EUA expressam preocupação sobre compra de armas pela Venezuela

O porta-voz do Departamento de Estado dos EUA, Ian Kelly
Image caption Kelly disse que a Venezuela deve ser 'transparente' sobre suas intenções

O Departamento de Estado americano expressou preocupação sobre a compra de armas anunciada pela Venezuela, alegando que o incremento do arsenal bélico do país representa um grave desafio à estabilidade na América Latina.

No domingo, o presidente venezuelano, Hugo Chávez, anunciou que a Rússia concordou em emprestar mais de US$ 2 bilhões para a Venezuela para a compra de armas. O crédito será usado para compra de 92 tanques e um sistema de lançamento de foguetes S-300 da Rússia.

Leia na BBC Brasil: Venezuela terá empréstimo russo de US$ 2 bi para armas, diz Chávez

Segundo um porta-voz do Departamento de Estado, Ian Kelly, as compras de armas efetivadas pela Venezuela e a intenção de compra manifestada pelo país superam todos os outros países na América do Sul.

Kelly disse ainda que o governo venezuelano deve ser transparente sobre suas intenções e expressou preocupação sobre a possível transferência de armas para o que chamou de organizações “irregulares” ou “ilegais”.

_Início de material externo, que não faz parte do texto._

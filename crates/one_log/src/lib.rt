//! One log from every form, as one call: logs of one form in, the one log that they are out.
//!
//! `write_one_log`, for every source, sinks and words: what was read and written, and what the
//! outcome says of them (`logged`). Without a fault none is due of the input by `log_rules` where
//! no formula is asked, and what was written is the text of its log in version 1, with every clock
//! and, where that is asked, in one batch. With a fault nothing was written, and it is the fault of
//! the words, the first that is due of the input, or that the text would be too long to be read;
//! after a write fault a front of the text was written. A read or write fault comes only where that
//! object's count of faults rose, and where the log was written no read failed (`calm`). The line
//! on `diag` is the fault's (`told`).
//!
//! Torn logs are those of processes that were killed. Of their whole lines it is the log of the
//! greatest beginning of the run of which everything is logged, and the lines on `diag` tell for
//! each process how many of its events are left out.
//!
//! Where the words name variables, channels or processes by `--keep`, it is the log folded to these
//! alone (`kept_log::keep`). A name that the log does not have is a fault.
//!
//! The input is judged as one without a formula: no name of one is looked up in it, and none of its
//! variables is a counter.
//!
//! Not said: that memory suffices, and how long a call takes.
#![tactic(auto)]

mod asking;
mod fault;
mod left_out;
mod telling;
mod top;
mod torn;

pub use asking::{Asked, Flags};
pub use fault::Fault;
pub use log_input::Form;
pub use top::{Logged, write_one_log};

“Exigimos que a Venezuela seja transparente em suas compras, e muito clara em relação ao objetivo dessas compras. E também queremos que estabeleçam procedimentos e salvaguardas muito claras para que essas armas não sejam desviadas para nenhuma organização irregular ou ilegal", afirmou.

Tensão

O acordo para compra de armas entre Venezuela e Rússia foi assinado em meio a tensões entre a Venezuela e a Colômbia, depois que o governo colombiano anunciou um acordo com os Eatados Unidos para a utilização de bases militares em seu território.

A Colômbia afirma que as forças americanas vão ajudar na guerra contra drogas e guerrilhas esquerdistas, e não vão desestabilizar a região.

Chávez sugeriu que a decisão colombiana é uma ameaça à segurança venezuelana e que a compra de armas dificultará um eventual ataque ao seu país.

"Com estes foguetes, ficará muito difícil para que eles [os Estados Unidos] venham e nos bombardeiem. Se isso acontecer, eles deveriam saber que nós vamos instalar em breve estes sistemas", disse.

"A Venezuela não tem planos para invadir ninguém ou atacar ninguém. Estas armas são necessárias para a nossa defesa nacional."

O Brasil também está modernizando suas Forças Armadas e deve fechar em breve um acordo de compra de jatos com a França. A licitação ainda não acabou e o governo deve aprofundar a negociação com outros dois países – Suécia e Estados Unidos.

Os anúncios dos países latino-americanos contribuem para um aumento do temor de uma corrida armamentista na região.

Os EUA já expressaram preocupação sobre o aumento das tensões na região e a crescente influência da Rússia, Irã e China na América Latina.